Diverse manovre a livello conscio e inconscio possono aiutarci a rinunciare a quell'oggetto perduto, come diceva Freud, "svalutandolo, denigrandolo e, infine, uccidendolo".

Al termine di questo processo, ciò che in psicoanalisi chiamiamo sé, cioè la nostra identità in modo semplice, dovrebbe arrivare a " godere della soddisfazione di riconoscersi come il migliore dei due , come superiore all'oggetto".

A questo processo sorge però un'opposizione naturale e innata del soggetto , ovvero che il soggetto non abbandona o rinuncia facilmente alla posizione acquisita, anche se in molti casi è già riuscito a trovarne un sostituto. Il soggetto tende a rappresentare il mondo come deserto e impoverito, incapace all'inizio di sostituire lo scomparso e sostituirlo con uno nuovo che occupa quello scenario.

Smetti di identificarti con l'altro

In generale, riconosciamo nell'altro qualcosa di noi stessi che ci attrae inconsciamente e lo scegliamo . Logicamente, a seconda di ciò che cerchiamo speculativamente nell'altro, faremo diversi tipi di scelta.

Questo, alla fine, predisporrà all'uno o all'altro duello, più o meno intenso, a seconda che l'io sia più o meno dominato dall'altro.

Comprendi perché ci sentiamo in questo modo

Questo processo può essere alquanto complesso, poiché si tratta di abbandonare la rappresentazione di quella persona amata, che come spiega Freud "è rappresentata da innumerevoli impressioni (tracce inconsce)".

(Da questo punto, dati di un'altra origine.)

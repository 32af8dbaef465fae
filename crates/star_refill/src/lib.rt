//! The cells that come where a point is taken, told from the cells at it and around it.
#![tactic(auto)]

mod coming;

pub use coming::{cells_coming, cells_for_star, is_solid};
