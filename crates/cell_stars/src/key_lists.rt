//! Lists of vertices with a star, ascending, each with the number of its star.

ghost use Rattle.std.specs.Prelude.{◌≡◌, ◌↔◌, ◌⊎◌, ℕ, OnOk, map};
ghost use Rattle.point_order.specs.Sets.{IsIn, IsAscending};

use crate::steps::place_of;
use point_order::Point;
use std::alloc::AllocError;

// Takes the vertex out.
pub(crate) fn drop_key(keys: &mut Vec<(Point, u32)>, p: Point)
    requires { IsAscending (map (λ k. k.0) keys.old.items) }
    ensures order { IsAscending (map (λ k. k.0) keys.new.items) }
    ensures keys { (k : ℕ × ℕ) → IsIn k keys.new.items ↔ (IsIn k keys.old.items × ¬ (k.0 ≡ p)) }
{
    match place_of(keys, p) {
        Ok(i) => {
            keys.remove(i);
        }
        Err(_) => {}
    }
}

// Puts the vertex in, with the number.
pub(crate) fn put_key(keys: &mut Vec<(Point, u32)>, p: Point, n: u32) -> Result<(), AllocError>
    requires { IsAscending (map (λ k. k.0) keys.old.items) }
    ensures order { OnOk result (IsAscending (map (λ k. k.0) keys.new.items)) }
    ensures keys { OnOk result ((k : ℕ × ℕ) → IsIn k keys.new.items
        ↔ (((p, n) ≡ k) ⊎ (IsIn k keys.old.items × ¬ (k.0 ≡ p)))) }
{
    drop_key(keys, p);
    match place_of(keys, p) {
        Ok(_) => unreachable!(),
        Err(i) => keys.insert(i, (p, n))?,
    }
    Ok(())
}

In altre parole, non esiste un'unica rappresentazione dell'oggetto amato , poiché questa rappresentazione è a sua volta in grado di attivare più ricordi che ogni volta provengono da una fonte diversa. Ed è che l'oggetto ha un gran numero di connessioni diverse con odori, suoni, luoghi, simboli …

Se a questo si aggiunge, come accade in molti casi, che la persona amata è intervenuta in un evento traumatico, allora il processo può essere ulteriormente complicato perché questo evento traumatico può riattivare in lei altri ricordi repressi che erano anche traumatici.

Risolvi il dilemma

Il grande enigma che solo risolto ci permetterà di andare avanti dopo aver subito questo tipo di smarrimento è capire perché quella persona è insostituibile da un altro, cosa gli dà il suo valore e in definitiva cosa rende questa esperienza unica, irriducibile e irripetibile.